Despite the demonstration that normal serum T₃ levels can be achieved with pure T₄ therapy,¹⁹ and a small cohort study showing normal quality of life in patients treated with T₄,²¹ a number of recent articles show that some patients with hypothyroidism who were treated with T₄ have worse physical and psychological well-being,^{22 - 24} cognitive function,^{23 - 24} and lower mood²⁴ compared with a control population. How is it possible to account for the fact that participants in these studies, who were biochemically euthyroid as judged by normal serum TSH, free T₄, and T₃ levels, continued to have significant morbidity from their disease? There are 2 leading possibilities: replacement therapy with T₄ imperfectly replaces the normal thyroid hormonal milieu or patients with hypothyroidism score lower on quality of life scales because they perceive themselves to have a chronic illness. A third less likely hypothesis is that patients with Hashimoto thyroiditis, the leading cause of hypothyroidism, have low mood and other somatic complaints because of an underlying autoimmune diathesis unrelated to their thyroid function.²⁵

It is unknown why some patients do not feel well even when their thyroid function is normal.
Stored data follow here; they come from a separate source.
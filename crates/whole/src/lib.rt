// Whole pages: the checksum, the check of a header, and a page as format and seal write it ("01, The page"); and four pages at once, whose
// checksums are worked abreast (02, T-02).
#![tactic(auto)]

ghost use Rattle.std.specs.Prelude.{◌≡◌, ◌+◌, ◌*◌, ◌<◌, ◌≤◌, ◌^◌, length};
ghost use Rattle.std.proofs.lemmas.List.Edits.{sets};
ghost use Rattle.kind.specs.Kind.{page_size};
ghost use Rattle.little.specs.Little.{part};
ghost use Rattle.crc.specs.Crc.{crc_of};
ghost use Rattle.page.specs.Header.{page_at, checksum, put_field};
ghost use Rattle.page.specs.Count.{Roomy};
ghost use Rattle.whole.specs.Whole.{checksum_of, start_of, page_right, sealed_page, blank_page};
ghost use Rattle.whole.specs.Abreast.{starts_from, checksums_from, sealed_four, right_at, four_right};

use kind::Kind;
use little::Number;

// What stands before the checksum of page p.
fn front(s: &[u8], p: usize) -> &[u8]
    requires { p * page_size + page_size ≤ length s.now }
    ensures { (result.now ≡ part 0 20 (page_at p s.now)) × (length result.now ≡ 20) }
{
    let at = p * Kind::PAGE;
    let end = at + 20;
    &s[at..end]
}

// What stands behind it.
fn rest(s: &[u8], p: usize) -> &[u8]
    requires { p * page_size + page_size ≤ length s.now }
    ensures { (result.now ≡ part 24 8168 (page_at p s.now)) × (length result.now ≡ 8168) }
{
    let at = p * Kind::PAGE + 24;
    let end = at + 8168;
    &s[at..end]
}

// The checksum of what page p begins with: what stands before its own, and four zeros for that (02, T-03). No page is copied and no field
// cleared for it.
fn start(s: &[u8], p: usize) -> u32
    requires { p * page_size + page_size ≤ length s.now }
    ensures { result ≡ crc_of (start_of (page_at p s.now)) }
{
    let c = crc::crc32c(front(s, p));
    crc::crc32c_more(c, &[0; 4])
}

// The same of pages p to p + 3, worked abreast.
fn starts(s: &[u8], p: usize) -> [u32; 4]
    requires { p * page_size + 4 * page_size ≤ length s.now }
    ensures { result ≡ starts_from p s.now }
{
    let c = crc::crc32c_four([
        front(s, p),
        front(s, p + 1),
        front(s, p + 2),
        front(s, p + 3),
    ]);
    crc::crc32c_four_more(c, [&[0; 4]; 4])
}

// The checksum of a page.
pub fn checksum(page: &[u8]) -> u32
    requires { length page.now ≡ page_size }
    ensures { result ≡ checksum_of page.now }
{
    crc::crc32c_more(start(page, 0), rest(page, 0))
}

// The checksums of pages p to p + 3, worked abreast.
fn checksums(s: &[u8], p: usize) -> [u32; 4]
    requires { p * page_size + 4 * page_size ≤ length s.now }
    ensures { result ≡ checksums_from p s.now }
{
    crc::crc32c_four_more(
        starts(s, p),
        [rest(s, p), rest(s, p + 1), rest(s, p + 2), rest(s, p + 3)],
    )
}

// Whether no header field but txn_id is wrong in page number id of kind k, whose checksum should be `sum`.
fn right_with(page: &[u8], id: u32, k: Kind, sum: u32) -> bool
    requires { (length page.now ≡ page_size) × Roomy k × (sum ≡ checksum_of page.now) }
    ensures { result ≡ page_right k id page.now }
{
    let items = page::count::items(page, k);
    // `&`, since the proof over thirteen `&&`, each a branch that joins the others, doesn't close.
    (u64::get(page, 0) == 0)
        & (u32::get(page, 16) == id)
        & (u32::get(page, 20) == sum)
        & (u32::get(page, 24) == 0)
        & (u32::get(page, 28) == 0)
        & (u32::get(page, 32) == 0)
        & (u16::get(page, 36) == k.free)
        & (u16::get(page, 38) == items)
        & (u16::get(page, 40) == 0)
        & (u16::get(page, 42) == 0)
        & (u8::get(page, 44) == k.code)
        & (u8::get(page, 45) == k.engine)
        & (u8::get(page, 46) == 0)
        & (u8::get(page, 47) == Kind::VERSION)
}

// Whether no header field but txn_id is wrong in page number id of kind k.
pub fn is_right(page: &[u8], id: u32, k: Kind) -> bool
    requires { (length page.now ≡ page_size) × Roomy k }
    ensures { result ≡ page_right k id page.now }
{
    let sum = checksum(page);
    right_with(page, id, k, sum)
}

// The same of page p of an area, whose checksum should be `sum`.
fn page_right(s: &[u8], p: usize, k: Kind, sum: u32) -> bool
    requires { (p * page_size + page_size ≤ length s.now) × (p < 2 ^ 31) × Roomy k × (sum ≡ checksum_of (page_at p s.now)) }
    ensures { result ≡ right_at k s.now p }
{
    let at = p * Kind::PAGE;
    let end = at + Kind::PAGE;
    right_with(&s[at..end], (p + 1) as u32, k, sum)
}

// Whether pages p to p + 3 of an area of kind k are right.
pub fn four_right(s: &[u8], p: usize, k: Kind) -> bool
    requires { (p * page_size + 4 * page_size ≤ length s.now) × (p < 2 ^ 30) × Roomy k }
    ensures { result ≡ four_right k s.now p }
{
    let [first, second, third, fourth] = checksums(s, p);
    page_right(s, p, k, first)
        && page_right(s, p + 1, k, second)
        && page_right(s, p + 2, k, third)
        && page_right(s, p + 3, k, fourth)
}

// Writes the checksum of page p, and nothing else.
fn put_checksum(s: &mut [u8], p: usize, sum: u32)
    requires { p * page_size + page_size ≤ length s.old }
    ensures { s.new ≡ put_field checksum p sum s.old }
{
    u32::put(s, p * Kind::PAGE + 20, sum);
}

// Writes the checksum of page p.
pub fn seal_page(s: &mut [u8], p: usize)
    requires { p * page_size + page_size ≤ length s.old }
    ensures { s.new ≡ sealed_page p s.old }
{
    let at = p * Kind::PAGE;
    let end = at + Kind::PAGE;
    let sum = checksum(&s[at..end]);
    put_checksum(s, p, sum);
}

// Writes the checksums of pages p to p + 3.
pub fn seal_four(s: &mut [u8], p: usize)
    requires { p * page_size + 4 * page_size ≤ length s.old }
    ensures { s.new ≡ sealed_four p s.old }
{
    for (i, &sum) in checksums(s, p).iter().enumerate() {
        put_checksum(s, p + i, sum);
    }
}

// Writes page p as format does, but for its checksum.
pub fn blank_page(s: &mut [u8], p: usize, k: Kind)
    requires { (p * page_size + page_size ≤ length s.old) × (p < 2 ^ 31) }
    ensures { s.new ≡ sets s.old (p * page_size) (blank_page k (p + 1)) }
{
    let at = p * Kind::PAGE;
    little::put_zeros(s, at, Kind::PAGE);
    u32::put(s, at + 16, (p + 1) as u32);
    u16::put(s, at + 36, k.free);
    u8::put(s, at + 44, k.code);
    u8::put(s, at + 45, k.engine);
    u8::put(s, at + 47, Kind::VERSION);
}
Among the 50 patients studied by Jonklaas et al,¹⁹ there were 6 patients whose serum T₃ levels, for whatever reason, appeared to be much lower postoperatively than their T₃ levels had been preoperatively. One might speculate that some patients, perhaps approximately 10%, might potentially benefit from T₃ supplementation after thyroidectomy. It would, therefore, be of interest to repeat the study performed by Jonklaas et al¹⁹ to identify those few patients whose postoperative T₃ is much lower than it had been before surgery. These patients would then be randomized to receive combined T₄ / T₃ therapy, a higher dose of T₄ monotherapy, or no change in their current T₄ dose. They would then be tested to see whether any change in their regimen resulted in improvements in mood, symptoms, cognitive function, or quality of life. Approximately 75 000 patients undergo thyroidectomy annually in the United States,²⁶ so the study could be performed quite easily. However, the data of Jonklaas et al¹⁹ seem to lay to rest, once and for all, the notion that T₄ therapy alone is inadequate to replace serum T₃ levels back to normal in the overwhelming majority of patients.